# Family/Staff Meals



## JanusInTheGarden

Many if not all of you have probably worked for or are continuing to work in a restaurant that provides its employees with a meal--prepared by one of its own. I thought it might be interesting to see what everyone's "go to" staff meal preparations are/were/continue to be. So how about it folks? What do you like to make for your fellow workers?


----------



## MadMel

I'd always fall back on curry when I run out of ideas.


----------



## ecchef

Pasta. Cheap, fast, and a way to use up all the odds & ends.


----------



## JohnnyChance

Surf and turf. Usually prime ribeye and lobster tails.

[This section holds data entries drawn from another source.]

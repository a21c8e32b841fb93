//! The capture file: what its bytes are and what they hold, its reading from a source, its writing to a
//! sink, and the capture that a number generates.
//!
//! A capture file has a head, ticks and an end mark; a tick has the moment of a picture, its IDR unit,
//! units against earlier ticks, and audio units. The definitions are in specs/: what the bytes of a file
//! in order are (`file`), the ticks that any bytes give and the first fault in the order of the bytes
//! (`ticks_of`, `first_fault`). They read a whole list of bytes at once, with no buffer. Contracts see a
//! `Tick` as the tick of these definitions, and a `Unit` as the list of its bytes, which a clone shares.
//!
//! - A `Tape` reads a file tick by tick, in pieces of 65,536 bytes. Its answers are the ticks of the
//!   file's bytes, in order, and then the end or their first fault with its place, however the source
//!   cuts the bytes into reads (`answers_are_the_file`). A fault of the source is answered only where the
//!   source counted one. After the end and after an error it answers the same again and reads nothing. A
//!   unit that lies whole in a piece shares it; a longer one is gathered once.
//! - `TapeWriter` writes the head, each tick and the end mark as the definition spells them. Written of
//!   ticks within the limits, they are a file that is read as these ticks.
//! - `Generator` gives exactly the ticks that its definition generates, which a capture file can hold;
//!   `write_generated` writes the file of them.
#![tactic(auto)]

mod cursor;
mod delta;
mod draws;
mod error;
mod generated_file;
mod generator;
mod head_reader;
mod laws;
mod layout;
mod limits;
mod stage;
mod tape;
mod tape_laws;
mod tick;
mod tick_reader;
mod tick_stream;
mod unit;
mod units;
mod write_error;
mod writer;

pub use delta::{Delta, Deltas};
pub use error::TapeError;
pub use generated_file::write_generated;
pub use generator::{Generator, generated_ticks_are_writable};
pub use gs_bytes::{MOST_AUDIO, MOST_GENERATED, MOST_UNIT};
pub use laws::{faultless_bytes_are_files, files_are_read, ticks_keep_limits};
pub use layout::{END_TAG, TICK_TAG};
pub use limits::{GENERATED_AUDIO, GENERATED_DURATION, MOST_BYTES, MOST_COUNT, MOST_TICKS};
pub use stage::Stage;
pub use tape::Tape;
pub use tape_laws::answers_are_the_file;
pub use tick::Tick;
pub use unit::Unit;
pub use units::Units;
pub use write_error::WriteError;
pub use writer::TapeWriter;

#[cfg(test)]
mod read_tests;
#[cfg(test)]
mod tests;
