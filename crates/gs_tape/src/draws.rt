// What is drawn from a state.

ghost use Rattle.std.specs.Prelude.{◌≡◌, ◌+◌, ◌*◌, ◌%◌, ◌^◌, ◌<◌, ◌≤◌, IfOk, OnOk, vec_len};
ghost use Rattle.gs_tape.specs.Generated as generated;

use crate::delta::{Delta, Deltas};
use crate::limits::GENERATED_AUDIO;
use crate::unit::Unit;
use crate::units::Units;
use bytes::Bytes;
use gs_bytes::OutOfMemory;
use std::alloc::Global;

const FACTOR: u64 = 6_364_136_223_846_793_005;

const SUMMAND: u64 = 1_442_695_040_888_963_407;

/// The bytes of units repeat after so many.
const PERIOD: u64 = 251;

/// Draws numbers from a state.
#[derive(Clone, Copy, Debug)]
pub struct Draws {
    pub state: u64,
}

impl Draws {
    // The next number, of 31 bits.
    fn draw(&mut self) -> u64
        ensures number { result ≡ generated.draw self.old.state }
        ensures state { self.new.state ≡ generated.next_state self.old.state }
    {
        self.state = self.state.wrapping_mul(FACTOR).wrapping_add(SUMMAND);
        self.state >> 33
    }

    // A unit of this length.
    fn unit_of(&mut self, alloc: Global, length: u64) -> Result<Unit, OutOfMemory>
        requires { length < 2 ^ 32 }
        ensures unit { IfOk result (λ unit. unit ≡ (generated.drawn_unit length self.old.state).value) }
        ensures state { OnOk result (self.new.state ≡ (generated.drawn_unit length self.old.state).state) }
    {
        let base = self.draw() % PERIOD;
        pattern(alloc, length, base)
    }

    // A unit of at least `least` bytes and of fewer than `span` more.
    pub fn unit_from(&mut self, alloc: Global, least: u64, span: u64) -> Result<Unit, OutOfMemory>
        requires least { least ≤ 100000 }
        requires span { (0 < span) × (span ≤ 20000) }
        ensures unit { IfOk result (λ unit. unit ≡ (generated.unit_from least span self.old.state).value) }
        ensures state { OnOk result (self.new.state ≡ (generated.unit_from least span self.old.state).state) }
    {
        let length = least + self.draw() % span;
        self.unit_of(alloc, length)
    }

    // One more delta of tick t against the tick so many before, where there is one.
    fn add_delta(
        &mut self,
        alloc: Global,
        deltas: &mut Vec<Delta>,
        t: u32,
        back: u32,
    ) -> Result<(), OutOfMemory>
        ensures { let drawn = generated.with_delta t back
            (record { value = deltas.old.items; state = self.old.state }) in
            OnOk result ((deltas.new.items ≡ drawn.value) × (self.new.state ≡ drawn.state)) }
    {
        if back >= t {
            return Ok(());
        }
        let unit = self.unit_from(alloc, 41_000, 2_000)?;
        deltas.push(Delta {
            named: t - back,
            unit,
        })?;
        Ok(())
    }

    // The deltas of tick t.
    pub fn deltas(&mut self, alloc: Global, t: u32) -> Result<Deltas, OutOfMemory>
        ensures deltas { IfOk result (λ deltas. deltas ≡ (generated.deltas t self.old.state).value) }
        ensures state { OnOk result (self.new.state ≡ (generated.deltas t self.old.state).state) }
    {
        let mut deltas = Vec::new(alloc);
        self.add_delta(alloc, &mut deltas, t, 8)?;
        self.add_delta(alloc, &mut deltas, t, 4)?;
        self.add_delta(alloc, &mut deltas, t, 2)?;
        self.add_delta(alloc, &mut deltas, t, 1)?;
        Ok(Deltas::from_vec(deltas))
    }

    // One more audio unit.
    fn add_sound(&mut self, alloc: Global, units: &mut Vec<Unit>) -> Result<(), OutOfMemory>
        ensures { let drawn = generated.with_sound (record { value = units.old.items; state = self.old.state }) in
            OnOk result ((units.new.items ≡ drawn.value) × (self.new.state ≡ drawn.state)) }
    {
        let unit = self.unit_of(alloc, GENERATED_AUDIO as u64)?;
        units.push(unit)?;
        Ok(())
    }

    // The audio units of tick t.
    pub fn sounds(&mut self, alloc: Global, t: u32) -> Result<Units, OutOfMemory>
        ensures units { IfOk result (λ units. units ≡ (generated.sounds t self.old.state).value) }
        ensures state { OnOk result (self.new.state ≡ (generated.sounds t self.old.state).state) }
    {
        let mut units = Vec::new(alloc);
        self.add_sound(alloc, &mut units)?;
        self.add_sound(alloc, &mut units)?;
        self.add_sound(alloc, &mut units)?;
        if t % 3 == 0 {
            self.add_sound(alloc, &mut units)?;
        }
        Ok(Units::from_vec(units))
    }
}

// Bytes that count up from a base, written period by period.
fn pattern(alloc: Global, length: u64, base: u64) -> Result<Unit, OutOfMemory>
    requires length { length < 2 ^ 32 }
    requires base { base < 251 }
    ensures { IfOk result (λ unit. unit ≡ generated.pattern length base) }
{
    let period = period_from(alloc, base)?;
    let mut bytes = Vec::with_capacity(alloc, length as usize)?;
    'periods: for _ in 0..length / PERIOD {
        bytes.extend_from_slice(period.as_slice())?;
    }
    bytes.extend_from_slice(&period[..(length % PERIOD) as usize])?;
    Ok(Unit::from_bytes(Bytes::from_vec(bytes)?))
}

// The first period of the bytes that count up from a base.
fn period_from(alloc: Global, base: u64) -> Result<Vec<u8>, OutOfMemory>
    requires { base < 251 }
    ensures bytes { IfOk result (λ period. period.items ≡ generated.pattern 251 base) }
    ensures len { IfOk result (λ period. vec_len period ≡ 251) }
{
    let mut bytes = Vec::with_capacity(alloc, PERIOD as usize)?;
    'bytes: for i in 0..PERIOD {
        bytes.push(((base + i) % PERIOD) as u8)?;
    }
    Ok(bytes)
}
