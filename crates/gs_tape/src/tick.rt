//! One moment of a capture.

ghost use Rattle.std.specs.Prelude.{◌≡◌, ◌<◌, ◌^◌, length};
ghost use Rattle.std.specs.List.{sum_by};

use crate::delta::{Delta, Deltas};
use crate::unit::Unit;
use crate::units::Units;
use std::marker::Model;

/// One moment of a capture: its number, from 1, its time in milliseconds, the unit of its picture
/// coded by itself, units of its picture coded against earlier ticks, and its audio units.
#[derive(Debug, Drop)]
pub struct Tick {
    pub number: u32,
    pub time: u32,
    pub idr: Unit,
    pub deltas: Deltas,
    pub audio: Units,
}

impl Model for Tick {
    ghost use Rattle.gs_tape.specs.Tick as spec;

    ghost Value = { spec.Tick };

    ghost view = { λ tick. record {
      number = tick.number;
      time = tick.time;
      idr = tick.idr;
      deltas = tick.deltas;
      audio = tick.audio;
    } };
}

impl Tick {
    ghost use Rattle.gs_tape.specs.Tick.{unit_bytes};

    /// The bytes of all its units.
    pub fn unit_bytes(&self) -> u64
        requires { unit_bytes self.now < 2 ^ 64 }
        ensures { result ≡ unit_bytes self.now }
    {
        self.idr.len() as u64
            + delta_bytes(self.deltas.as_slice())
            + sound_bytes(self.audio.as_slice())
    }
}

fn delta_bytes(deltas: &[Delta]) -> u64
    requires { sum_by (λ d. length d.unit) deltas.now < 2 ^ 64 }
    ensures { result ≡ sum_by (λ d. length d.unit) deltas.now }
{
    deltas.iter().map(|delta| delta.unit.len() as u64).sum()
}

fn sound_bytes(units: &[Unit]) -> u64
    requires { sum_by (λ unit. length unit) units.now < 2 ^ 64 }
    ensures { result ≡ sum_by (λ unit. length unit) units.now }
{
    units.iter().map(|unit| unit.len() as u64).sum()
}
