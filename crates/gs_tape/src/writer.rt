//! The writer of capture files.

ghost use Rattle.std.specs.Prelude.{◌≡◌, ◌≢◌, ◌≤◌, ◌∷◌, [], IfOk, IsErrOf, OnErr, OnOk};
ghost use Rattle.std.specs.Io.KnownBytes.{Appends, Keeps};
ghost use Rattle.gs_bytes.specs.Outside.{AppendsPart, KeepsFlag, Rose};
ghost use Rattle.gs_tape.specs.Capture as capture;
ghost use Rattle.gs_tape.specs.Limits.{most_audio, IsDuration};

use crate::layout::{END_TAG, head_bytes, tick_bytes};
use crate::tick::Tick;
use crate::write_error::WriteError;
use gs_bytes::{Sink, write_all};
use std::alloc::Global;
use std::marker::Model;

/// Writes a capture file tick by tick. Contracts see the length of its audio units and what is
/// known before the next tick.
#[derive(Drop)]
pub struct TapeWriter {
    alloc: Global,
    audio: u16,
    number: u32,
    time: u32,
    held: u64,
}

impl Model for TapeWriter {
    ghost use Rattle.std.specs.Prelude.{◌+◌, ◌≤◌};
    ghost use Rattle.gs_tape.specs.Limits.{most_bytes, most_ticks};
    ghost use Rattle.gs_tape.specs.Writer.{TapeWriting};

    ghost Value = { TapeWriting };

    ghost view = { λ w. record { audio = w.audio; next = record { number = w.number; time = w.time; held = w.held } } };

    ghost invariant = { λ w. (w.held ≤ most_bytes) × (w.number ≤ most_ticks + 1) };
}

impl TapeWriter {
    ghost use Rattle.gs_tape.specs.Writer.{IsNextTick, after_tick, opened_writing};

    /// Writes the head of a file with audio units of `audio` bytes and `duration` milliseconds.
    pub fn open<K: Sink>(
        alloc: Global,
        audio: u16,
        duration: u8,
        out: &mut K,
    ) -> Result<TapeWriter, WriteError>
        requires audio { audio ≤ most_audio }
        requires duration { IsDuration duration }
        ensures writer { IfOk result (λ writer. writer ≡ opened_writing audio) }
        ensures ok { OnOk result (Appends (K.written out.old) (K.written out.new) (capture.head audio duration)) }
        ensures err { OnErr result (AppendsPart (K.written out.old) (K.written out.new) (capture.head audio duration)) }
        ensures left { Keeps (K.left out.old) (K.left out.new) }
        ensures taken { Keeps (K.taken out.old) (K.taken out.new) }
        ensures end { KeepsFlag (K.met_end out.old) (K.met_end out.new) }
        ensures never_falls { K.faults out.old ≤ K.faults out.new }
        ensures fault { IsErrOf result WriteError.WriteFault → Rose (K.faults out.old) (K.faults out.new) }
        ensures counted { K.faults out.new ≢ K.faults out.old → result ≡ Err WriteError.WriteFault }
    {
        let bytes = head_bytes(alloc, audio, duration)?;
        write_part(out, bytes.as_slice())?;
        Ok(TapeWriter {
            alloc,
            audio,
            number: 1,
            time: 0,
            held: 0,
        })
    }

    /// Writes the next tick.
    pub fn put<K: Sink>(&mut self, tick: &Tick, out: &mut K) -> Result<(), WriteError>
        requires { IsNextTick self.old tick.now }
        ensures writer { OnOk result (self.new ≡ after_tick self.old tick.now) }
        ensures ok { OnOk result (Appends (K.written out.old) (K.written out.new) (capture.tick tick.now)) }
        ensures err { OnErr result (AppendsPart (K.written out.old) (K.written out.new) (capture.tick tick.now)) }
        ensures kept { OnErr result (self.new ≡ self.old) }
        ensures left { Keeps (K.left out.old) (K.left out.new) }
        ensures taken { Keeps (K.taken out.old) (K.taken out.new) }
        ensures end { KeepsFlag (K.met_end out.old) (K.met_end out.new) }
        ensures never_falls { K.faults out.old ≤ K.faults out.new }
        ensures fault { IsErrOf result WriteError.WriteFault → Rose (K.faults out.old) (K.faults out.new) }
        ensures counted { K.faults out.new ≢ K.faults out.old → result ≡ Err WriteError.WriteFault }
    {
        let bytes = tick_bytes(self.alloc, tick)?;
        write_part(out, bytes.as_slice())?;
        self.number += 1;
        self.time = tick.time;
        self.held += tick.unit_bytes();
        Ok(())
    }

    /// Writes the end mark.
    pub fn end<K: Sink>(self, out: &mut K) -> Result<(), WriteError>
        ensures ok { OnOk result (Appends (K.written out.old) (K.written out.new) (0x45 ∷ [])) }
        ensures err { OnErr result (AppendsPart (K.written out.old) (K.written out.new) (0x45 ∷ [])) }
        ensures left { Keeps (K.left out.old) (K.left out.new) }
        ensures taken { Keeps (K.taken out.old) (K.taken out.new) }
        ensures end { KeepsFlag (K.met_end out.old) (K.met_end out.new) }
        ensures never_falls { K.faults out.old ≤ K.faults out.new }
        ensures fault { IsErrOf result WriteError.WriteFault → Rose (K.faults out.old) (K.faults out.new) }
        ensures counted { K.faults out.new ≢ K.faults out.old → result ≡ Err WriteError.WriteFault }
    {
        write_part(out, &[END_TAG])
    }
}

// Writes all of the bytes, or a part of them where it fails.
fn write_part<K: Sink>(out: &mut K, bytes: &[u8]) -> Result<(), WriteError>
    ensures ok { OnOk result (Appends (K.written out.old) (K.written out.new) bytes.now) }
    ensures err { OnErr result (AppendsPart (K.written out.old) (K.written out.new) bytes.now) }
    ensures left { Keeps (K.left out.old) (K.left out.new) }
    ensures taken { Keeps (K.taken out.old) (K.taken out.new) }
    ensures end { KeepsFlag (K.met_end out.old) (K.met_end out.new) }
    ensures never_falls { K.faults out.old ≤ K.faults out.new }
    ensures fault { IsErrOf result WriteError.WriteFault → Rose (K.faults out.old) (K.faults out.new) }
    ensures counted { K.faults out.new ≢ K.faults out.old → result ≡ Err WriteError.WriteFault }
{
    match write_all(out, bytes) {
        Ok(()) => Ok(()),
        Err(failed) => Err(WriteError::from(failed)),
    }
}
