// Laws about what a reader of capture files answers.

ghost use Rattle.gs_tape.specs.TapeLaws.{AnswersAreAFront, AnswersEnd, AnswersFail};

/// Laws: the ticks that repeated calls answer are the ticks of the file, in order, and then comes its end
/// or its first fault.
pub fn answers_are_the_file()
    ensures front { AnswersAreAFront }
    ensures end { AnswersEnd }
    ensures fault { AnswersFail }
{}
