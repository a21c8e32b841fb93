// Laws about what a capture file holds, each proved of the definitions.

ghost use Rattle.gs_tape.specs.Laws.{TicksKeepLimits, AudioLengthKeepsLimit, EachTickIsWithinLimits, TicksHoldBytes};
ghost use Rattle.gs_tape.specs.Laws.{FilesAreRead, FaultlessBytesAreFiles};

/// Laws: whatever the bytes, the ticks read from them before the first fault are numbered from 1, their
/// times never fall and have 32 bits, their units, counts and named ticks are within the limits, and their
/// units are lists of bytes.
pub fn ticks_keep_limits()
    ensures ticks { TicksKeepLimits }
    ensures audio_length { AudioLengthKeepsLimit }
    ensures each { EachTickIsWithinLimits }
    ensures bytes { TicksHoldBytes }
{}

/// A law: a file that was written of ticks within the limits is read as these ticks, with no fault.
pub fn files_are_read()
    ensures { FilesAreRead }
{}

/// A law: bytes that are read without a fault are the file of the audio length, duration and ticks that
/// they give, and these are within the limits.
pub fn faultless_bytes_are_files()
    ensures { FaultlessBytesAreFiles }
{}
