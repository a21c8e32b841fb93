// How far a capture file was read.

ghost use Rattle.std.specs.Prelude.{◌≡◌};
ghost use Rattle.gs_tape.specs.Tape.{stage_of};

use crate::error::TapeError;
use crate::tick::Tick;

/// Whether a file is read on.
#[derive(Clone, Copy, Debug)]
pub enum Stage {
    /// It is.
    Open,
    /// Its end was read.
    Ended,
    /// It has this error.
    Failed(TapeError),
}

// What an answer leads to.
pub fn stage_after(answer: &Result<Option<Tick>, TapeError>) -> Stage
    ensures { result ≡ stage_of answer.now }
{
    match answer {
        Ok(Some(_)) => Stage::Open,
        Ok(None) => Stage::Ended,
        Err(error) => Stage::Failed(*error),
    }
}
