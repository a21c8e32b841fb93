// The bytes of a capture file's parts.

ghost use Rattle.std.specs.Prelude.{◌≡◌, ◌++◌, ◌∷◌, [], ◌<◌, ◌≤◌, ◌^◌, IfOk, OnOk, length};
ghost use Rattle.std.specs.List.{All, concat, flat_map};
ghost use Rattle.byteorder.specs.Endian.{little_bytes};
ghost use Rattle.gs_tape.specs.Capture as capture;

use crate::delta::Delta;
use crate::tick::Tick;
use crate::unit::Unit;
use gs_bytes::{OutOfMemory, write_u16_le, write_u32_le};
use std::alloc::{AllocError, Global};

/// The bytes that a capture file begins with.
const MAGIC: &[u8; 8] = b"GSTAPE01";

/// What begins a tick.
pub const TICK_TAG: u8 = 0x54;

/// The most bytes of a tick that aren't those of its units: its tag, its moment, two counts, the length of its
/// IDR unit, and what stands before each of 255 deltas.
const MOST_HEADS: usize = 11 + 255 * 8;

/// What ends a file.
pub const END_TAG: u8 = 0x45;

fn put_u32(bytes: &mut Vec<u8>, value: u32) -> Result<(), AllocError>
    ensures { OnOk result (bytes.new.items ≡ bytes.old.items ++ little_bytes 4 value) }
{
    let mut field = [0u8; 4];
    write_u32_le(&mut field, 0, value);
    bytes.extend_from_slice(&field)
}

// A unit behind its length.
fn put_unit(bytes: &mut Vec<u8>, unit: &Unit) -> Result<(), AllocError>
    requires { length unit.now < 2 ^ 32 }
    ensures { OnOk result (bytes.new.items ≡ bytes.old.items ++ capture.unit unit.now) }
{
    put_u32(bytes, unit.len() as u32)?;
    bytes.extend_from_slice(unit.as_bytes())
}

fn put_delta(bytes: &mut Vec<u8>, delta: &Delta) -> Result<(), AllocError>
    requires { length delta.now.unit < 2 ^ 32 }
    ensures { OnOk result (bytes.new.items ≡ bytes.old.items ++ capture.delta delta.now) }
{
    put_u32(bytes, delta.named)?;
    put_unit(bytes, &delta.unit)
}

fn put_deltas(bytes: &mut Vec<u8>, deltas: &[Delta]) -> Result<(), AllocError>
    requires { All (λ d. length d.unit < 2 ^ 32) deltas.now }
    ensures { OnOk result (bytes.new.items ≡ bytes.old.items ++ flat_map capture.delta deltas.now) }
{
    'deltas: for delta in deltas {
        put_delta(bytes, delta)?;
    }
    Ok(())
}

fn put_sounds(bytes: &mut Vec<u8>, units: &[Unit]) -> Result<(), AllocError>
    ensures { OnOk result (bytes.new.items ≡ bytes.old.items ++ concat units.now) }
{
    'units: for unit in units {
        bytes.extend_from_slice(unit.as_bytes())?;
    }
    Ok(())
}

/// The head of a file.
pub fn head_bytes(alloc: Global, audio: u16, duration: u8) -> Result<Vec<u8>, OutOfMemory>
    ensures { IfOk result (λ bytes. bytes.items ≡ capture.head audio duration) }
{
    let mut bytes = Vec::from_slice(alloc, MAGIC.as_slice())?;
    let mut field = [0u8; 2];
    write_u16_le(&mut field, 0, audio);
    bytes.extend_from_slice(&field)?;
    bytes.extend_from_slice(&[duration, 0])?;
    Ok(bytes)
}

// How much room the bytes of a tick are given at once, so that none is moved for want of it.
fn room_for(tick: &Tick) -> usize {
    let mut room = tick.idr.len().saturating_add(MOST_HEADS);
    'deltas: for delta in tick.deltas.as_slice() {
        room = room.saturating_add(delta.unit.len());
    }
    'units: for unit in tick.audio.as_slice() {
        room = room.saturating_add(unit.len());
    }
    room
}

/// A tick with its tag.
pub fn tick_bytes(alloc: Global, tick: &Tick) -> Result<Vec<u8>, OutOfMemory>
    requires audio { length tick.now.audio < 2 ^ 8 }
    requires deltas { length tick.now.deltas < 2 ^ 8 }
    requires idr { length tick.now.idr < 2 ^ 32 }
    requires units { All (λ d. length d.unit < 2 ^ 32) tick.now.deltas }
    ensures { IfOk result (λ bytes. bytes.items ≡ capture.tick tick.now) }
{
    let mut bytes = Vec::with_capacity(alloc, room_for(tick))?;
    bytes.push(TICK_TAG)?;
    put_u32(&mut bytes, tick.time)?;
    bytes.extend_from_slice(&[tick.audio.len() as u8, tick.deltas.len() as u8])?;
    put_unit(&mut bytes, &tick.idr)?;
    put_deltas(&mut bytes, tick.deltas.as_slice())?;
    put_sounds(&mut bytes, tick.audio.as_slice())?;
    Ok(bytes)
}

Oh, wait. That's not what we actually have. That's what I try to picture while I eat family, in a mind over matter battle to convince my taste buds what I am eating is better than it is. Mon-Fri our family meals are made by one of the lunch folks, and, well, it's not the greatest thing ever. Usually some form of rice, pasta, sometimes orzo, chicken (we get whole birds in so there are always extra parts lying around).


----------



## JBroida

if i could convince one of the oaxaquenos to make something, i was golden


----------



## Eamon Burke

My favorite was when Martin from San Luis would make turmeric fried rice with jalapenos, chicken and shrimp, and we'd put salsa and lime on it. I would eat it until I hurt.

At my current job, everyone seems to want deep fried stuff, like cheap tenders fried and tossed in sauce like a chicken wing. barf.


----------



## Vertigo

Everyone orders individually where I work, so there's no "family style" staff meal. Though often, at the end of a grueling 6 hour, 500 cover Sunday brunch service (with three hours up and one hour down on the sides), I'd personally like nothing more than to serve the waitstaff a slop bucket full of gravy and some bread heels.


----------



## Dubsy

at the hotel we have a "cafeteria" cook, and he has this really nasty habit of putting raisins in the rice. every friggin time. raisins here, overly sweet/sticky sauces for meats, and fish that no one eats, cause no one trusts it. so i usually just suck up to a line dog, get a Caesar or something. the Ex. Sous doesnt care, and the Exec is never there, and if he is i still dont really care.


----------



## Lefty

We used to get spoiled! We'd end up getting whatever we were trying out for the "special". 
It was often lamb shank, or pasta with a lamb scented sauce. If we worked the morning shift (yay) we would normally get Monte Cristo sandwiches and fruit. The owner treated us really well most of the time.
I always enjoyed when we'd make crepes, because you can go sweet or savory with them.


----------



## BertMor

Arroz con Pollo was a pretty easy favorite. Chix and dumpling was easy if done right with Bisquits

My personal favorite was homestyle frijoles. they used bacon grease and white beans with onions and anything else available. On top of rice it was a meal in itself


----------



## macmiddlebrooks

The "chain" from cleaning tenderloins sliced up w/ mushrooms,peps and swiss cheese on day-old baguettes = awesome cheese steak family meal. Always a crowd pleaser (myself included).


----------



## sachem allison

My staff always love it when I do a proper seafood paella for staff meal or good old fashioned homemade tomato soup and grilled cheese sandwiches. They fight over mashed potatoes or mac & cheese.


----------



## wenus2

At the last place I worked my favorite "family meal" was simply a nice beef tip stroganoff.


----------



## AnxiousCowboy

macmiddlebrooks said:


> The "chain" from cleaning tenderloins sliced up w/ mushrooms,peps and swiss cheese on day-old baguettes = awesome cheese steak family meal. Always a crowd pleaser (myself included).


 
It's n ot tough as hell? do you clean it up first?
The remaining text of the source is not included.